Study material Block Start

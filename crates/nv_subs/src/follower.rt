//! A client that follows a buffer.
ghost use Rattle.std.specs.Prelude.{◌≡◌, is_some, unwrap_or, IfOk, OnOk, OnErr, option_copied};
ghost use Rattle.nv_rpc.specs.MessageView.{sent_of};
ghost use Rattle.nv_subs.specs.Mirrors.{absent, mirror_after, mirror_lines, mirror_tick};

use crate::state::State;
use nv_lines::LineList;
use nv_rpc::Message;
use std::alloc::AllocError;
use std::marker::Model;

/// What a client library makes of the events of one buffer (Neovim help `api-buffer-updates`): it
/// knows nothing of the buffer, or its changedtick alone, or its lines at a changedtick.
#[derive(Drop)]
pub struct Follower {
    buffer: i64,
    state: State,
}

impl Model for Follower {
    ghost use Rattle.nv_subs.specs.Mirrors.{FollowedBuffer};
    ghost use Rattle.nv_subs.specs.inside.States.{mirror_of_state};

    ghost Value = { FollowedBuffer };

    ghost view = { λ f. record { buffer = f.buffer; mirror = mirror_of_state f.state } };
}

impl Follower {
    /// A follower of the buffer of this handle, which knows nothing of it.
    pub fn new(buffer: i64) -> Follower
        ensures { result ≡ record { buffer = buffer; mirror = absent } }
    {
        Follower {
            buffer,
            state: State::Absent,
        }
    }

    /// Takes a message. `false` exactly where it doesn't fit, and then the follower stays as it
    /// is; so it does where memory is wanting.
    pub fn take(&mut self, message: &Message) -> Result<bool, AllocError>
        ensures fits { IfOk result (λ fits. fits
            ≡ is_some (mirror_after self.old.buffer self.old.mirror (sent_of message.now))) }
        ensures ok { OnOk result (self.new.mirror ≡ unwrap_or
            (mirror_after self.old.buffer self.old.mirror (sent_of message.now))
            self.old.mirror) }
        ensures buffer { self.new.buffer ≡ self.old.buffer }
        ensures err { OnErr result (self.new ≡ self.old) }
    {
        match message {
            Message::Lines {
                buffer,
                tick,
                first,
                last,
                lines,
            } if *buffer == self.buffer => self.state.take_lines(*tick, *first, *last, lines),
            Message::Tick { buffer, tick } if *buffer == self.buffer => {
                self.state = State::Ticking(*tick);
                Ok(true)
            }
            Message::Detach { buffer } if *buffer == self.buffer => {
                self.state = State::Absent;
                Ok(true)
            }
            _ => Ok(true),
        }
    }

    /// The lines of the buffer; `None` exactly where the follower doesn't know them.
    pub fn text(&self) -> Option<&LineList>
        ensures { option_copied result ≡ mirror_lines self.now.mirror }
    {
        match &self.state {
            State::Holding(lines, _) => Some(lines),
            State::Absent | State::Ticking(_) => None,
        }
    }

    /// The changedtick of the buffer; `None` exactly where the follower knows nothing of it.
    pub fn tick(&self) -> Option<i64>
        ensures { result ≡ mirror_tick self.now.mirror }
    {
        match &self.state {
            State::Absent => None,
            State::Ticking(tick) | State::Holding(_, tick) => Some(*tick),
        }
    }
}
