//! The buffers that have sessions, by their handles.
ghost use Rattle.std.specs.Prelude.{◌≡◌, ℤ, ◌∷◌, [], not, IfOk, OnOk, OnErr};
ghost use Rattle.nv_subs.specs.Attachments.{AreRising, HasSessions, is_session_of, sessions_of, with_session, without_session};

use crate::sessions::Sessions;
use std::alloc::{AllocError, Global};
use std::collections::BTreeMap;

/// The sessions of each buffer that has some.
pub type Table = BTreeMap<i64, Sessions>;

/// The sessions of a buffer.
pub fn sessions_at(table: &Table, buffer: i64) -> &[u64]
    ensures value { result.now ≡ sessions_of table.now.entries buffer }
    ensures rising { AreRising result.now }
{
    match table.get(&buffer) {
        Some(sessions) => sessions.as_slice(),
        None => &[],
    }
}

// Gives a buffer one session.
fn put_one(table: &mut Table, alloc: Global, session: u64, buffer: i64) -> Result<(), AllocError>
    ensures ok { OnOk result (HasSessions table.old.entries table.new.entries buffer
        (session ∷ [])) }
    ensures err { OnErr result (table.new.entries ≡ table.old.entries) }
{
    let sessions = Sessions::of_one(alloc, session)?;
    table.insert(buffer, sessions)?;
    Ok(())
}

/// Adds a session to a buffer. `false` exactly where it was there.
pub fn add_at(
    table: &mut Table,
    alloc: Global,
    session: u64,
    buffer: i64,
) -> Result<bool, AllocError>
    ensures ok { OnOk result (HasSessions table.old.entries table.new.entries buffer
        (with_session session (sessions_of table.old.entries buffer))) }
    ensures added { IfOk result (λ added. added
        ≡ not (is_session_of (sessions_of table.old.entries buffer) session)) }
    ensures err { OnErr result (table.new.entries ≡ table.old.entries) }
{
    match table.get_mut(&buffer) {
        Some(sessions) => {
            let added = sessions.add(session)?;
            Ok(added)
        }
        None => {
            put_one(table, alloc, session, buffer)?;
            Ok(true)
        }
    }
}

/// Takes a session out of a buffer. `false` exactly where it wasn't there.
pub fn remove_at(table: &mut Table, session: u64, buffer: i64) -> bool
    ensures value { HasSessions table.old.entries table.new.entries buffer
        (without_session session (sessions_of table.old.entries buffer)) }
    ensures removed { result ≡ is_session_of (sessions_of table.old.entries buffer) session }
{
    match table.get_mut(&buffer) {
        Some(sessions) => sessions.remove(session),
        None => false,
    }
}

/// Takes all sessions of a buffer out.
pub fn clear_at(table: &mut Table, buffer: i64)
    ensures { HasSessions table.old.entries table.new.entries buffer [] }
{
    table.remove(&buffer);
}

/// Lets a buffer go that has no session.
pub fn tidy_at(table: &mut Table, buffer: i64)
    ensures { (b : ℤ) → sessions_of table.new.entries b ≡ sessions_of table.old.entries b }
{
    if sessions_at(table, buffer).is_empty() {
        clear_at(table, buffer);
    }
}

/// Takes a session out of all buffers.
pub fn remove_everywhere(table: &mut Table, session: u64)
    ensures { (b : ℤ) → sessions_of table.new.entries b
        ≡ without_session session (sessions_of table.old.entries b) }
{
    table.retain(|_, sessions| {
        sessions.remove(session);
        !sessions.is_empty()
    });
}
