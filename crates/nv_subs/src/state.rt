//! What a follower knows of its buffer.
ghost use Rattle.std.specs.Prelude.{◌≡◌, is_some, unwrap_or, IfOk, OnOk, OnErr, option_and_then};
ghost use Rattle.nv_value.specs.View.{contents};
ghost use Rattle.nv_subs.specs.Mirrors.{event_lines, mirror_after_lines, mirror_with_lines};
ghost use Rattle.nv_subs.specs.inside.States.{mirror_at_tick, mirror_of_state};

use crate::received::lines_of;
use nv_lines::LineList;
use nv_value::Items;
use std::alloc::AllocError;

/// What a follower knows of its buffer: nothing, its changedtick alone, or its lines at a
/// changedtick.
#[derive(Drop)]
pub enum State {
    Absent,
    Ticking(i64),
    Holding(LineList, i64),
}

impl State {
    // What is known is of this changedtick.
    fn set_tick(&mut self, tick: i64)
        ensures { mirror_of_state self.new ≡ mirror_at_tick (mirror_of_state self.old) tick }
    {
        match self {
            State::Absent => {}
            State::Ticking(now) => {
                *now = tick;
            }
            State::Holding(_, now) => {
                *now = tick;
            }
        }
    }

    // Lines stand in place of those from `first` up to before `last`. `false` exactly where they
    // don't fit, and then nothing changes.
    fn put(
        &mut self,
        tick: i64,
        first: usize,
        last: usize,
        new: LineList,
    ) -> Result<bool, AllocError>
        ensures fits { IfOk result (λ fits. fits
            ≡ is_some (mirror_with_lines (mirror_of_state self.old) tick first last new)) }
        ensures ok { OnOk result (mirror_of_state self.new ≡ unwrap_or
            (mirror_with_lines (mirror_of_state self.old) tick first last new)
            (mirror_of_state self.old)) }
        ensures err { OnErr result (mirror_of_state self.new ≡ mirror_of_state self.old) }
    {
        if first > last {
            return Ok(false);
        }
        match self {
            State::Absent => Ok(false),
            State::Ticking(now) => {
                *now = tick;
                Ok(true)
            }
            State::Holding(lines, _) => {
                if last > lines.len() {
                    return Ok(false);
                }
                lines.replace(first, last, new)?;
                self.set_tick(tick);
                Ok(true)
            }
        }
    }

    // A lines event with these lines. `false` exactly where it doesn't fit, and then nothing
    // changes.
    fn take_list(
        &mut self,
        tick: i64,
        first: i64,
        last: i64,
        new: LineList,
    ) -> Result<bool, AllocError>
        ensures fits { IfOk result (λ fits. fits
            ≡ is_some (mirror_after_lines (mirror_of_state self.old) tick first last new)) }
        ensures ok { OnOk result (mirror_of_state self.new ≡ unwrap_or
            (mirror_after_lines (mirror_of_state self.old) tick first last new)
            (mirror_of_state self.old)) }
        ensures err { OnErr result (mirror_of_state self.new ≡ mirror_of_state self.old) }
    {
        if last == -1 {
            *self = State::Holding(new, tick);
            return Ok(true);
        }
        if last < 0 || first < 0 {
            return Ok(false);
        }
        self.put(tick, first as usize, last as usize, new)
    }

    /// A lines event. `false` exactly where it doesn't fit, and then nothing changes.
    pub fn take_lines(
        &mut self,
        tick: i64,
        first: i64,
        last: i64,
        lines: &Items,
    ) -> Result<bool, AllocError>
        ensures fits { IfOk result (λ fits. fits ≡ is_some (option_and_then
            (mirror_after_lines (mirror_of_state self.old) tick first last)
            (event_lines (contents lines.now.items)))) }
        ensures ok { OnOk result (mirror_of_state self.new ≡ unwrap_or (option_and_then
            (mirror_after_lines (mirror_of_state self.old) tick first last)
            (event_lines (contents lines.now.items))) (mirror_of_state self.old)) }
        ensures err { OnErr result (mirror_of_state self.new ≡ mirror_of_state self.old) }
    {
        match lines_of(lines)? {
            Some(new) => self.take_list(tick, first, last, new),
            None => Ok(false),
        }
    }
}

Study material Block End

Your goal »
Go through the material line by line. Show each line that contains the string "What".

Solution »
/// What a client library makes of the events of one buffer (Neovim help `api-buffer-updates`): it
//! What a follower knows of its buffer.
/// What a follower knows of its buffer: nothing, its changedtick alone, or its lines at a
    // What is known is of this changedtick.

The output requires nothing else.